ADVERTENCIA
EL TÍTULO del presente libro no esconde ninguna pretensión filosófica, como sí la tendría Movimiento perpetuo, de Augusto Monterroso. Hace referencia simplemente al ritmo de la vida que hizo que se me aparecieran los libros y autores de los que se habla (escritores primordialmente). Si bien hay varias razones por las cuales se escribe, sólo invocaré la que tiene que ver con el placer de hacerlo (las otras no es elegante mencionarlas).

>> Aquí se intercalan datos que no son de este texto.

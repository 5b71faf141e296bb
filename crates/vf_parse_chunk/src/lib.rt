//! The parser of chunks, cells and expressions in assertions: the parts in which no assertion stands.
//!
//! Each call gives what a parser on lists of tokens gives (`specs/Chunks.antt`), and the laws say that what it
//! reads is spelled by the tokens that it takes, within the nesting that is allowed.
#![tactic(auto)]

pub mod chunks;
pub mod laws;
pub mod pieces;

Como había que dar un cierto orden al caos, en la primera parte se agrupan los textos del ámbito mexicano; en la segunda, los del extranjero; y en la tercera, los de temática social.
ERNESTO HERRERA
ERNESTO HERRERA (ciudad de México, 1959) fue jefe de redacción en la última etapa de El Semanario Cultural de Novedades, que dirigía José de la Colina. Ha colaborado en La Jornada Semanal, Crónica Dominical, sábado de unomásuno, Laberinto de Milenio Diario y La Gaceta del Fondo de Cultura Económica. Movimiento fluido es su primer libro.
a mi madre
a Ana Laura y Ulises
TODAS LAS CARTAS DE AMOR SON RIDÍCULAS
DE LA CORRESPONDENCIA que hasta ahora se ha publicado del grupo de forajidos denominado Contemporáneos, si sobresale la de Gilberto Owen se debe a que es la única donde la relación amorosa ocupa un lugar central. Comparándola con las de otros ilustres escritores de epistolarios amorosos, la de Owen es más lírica. No llega a los excesos retóricos de Franz Kafka en algunas de sus cartas a Felice («Te he seguido como un perro inconscientemente fiel…») o a los reclamos espirituales de Antonin Artaud a Génica Athanasiou («Desde hace cinco días no vivo más por tu culpa, por culpa de tus cartas estúpidas, por tus cartas de sexo y no de espíritu, por tus cartas repletas de reacciones de sexo y no de razonamientos conscientes»), pero como ellos, creyó en el poder seductor de la palabra para acercarse a su objeto de deseo. Antes de su encuentro con Felice, Kafka conoció a una muchacha que aceptó cartearse con él; emocionado, Kafka le preguntaba a su amigo Max Brod: «¿Será que a las muchachas se las puede atrapar con la sola escritura?». Ninguno de ellos tardaría en darse cuenta de que a las mujeres que pretendían (como, por lo demás, a la gran mayoría) no les bastaban las palabras, si bien concedieran que en algún momento les llegaron a ser necesarias. Salvo el nada humorista Artaud, creo que Kafka y Owen estarían de acuerdo con ese poema pessoano que justifica los primeros ejercicios de muchos aspirantes a escritor:
Todas las cartas de amor son
Ridículas.
No serían cartas de amor si no fueran
Ridículas.
También yo escribí, a mi tiempo,
Cartas de amor,
Como las otras,
Ridículas.
Las cartas de amor, si hay amor,
Tienen que ser
Ridículas.
Pero, al final,
Sólo las criaturas que nunca escribieron
Cartas de amor
Son quienes fueron
Ridículas.
Tanto en las cartas a Clementina Otero, que constituye el grupo más completo, como las pocas que recopiló Josefina Procopio en su edición de las Obras, destaca la imaginación e ingenio de Gilberto Owen, virtudes que hicieron que el buen lector que era Luis Ignacio Helguera lo calificara, junto a Julio Torri, como uno de nuestros grandes escritores de cartas.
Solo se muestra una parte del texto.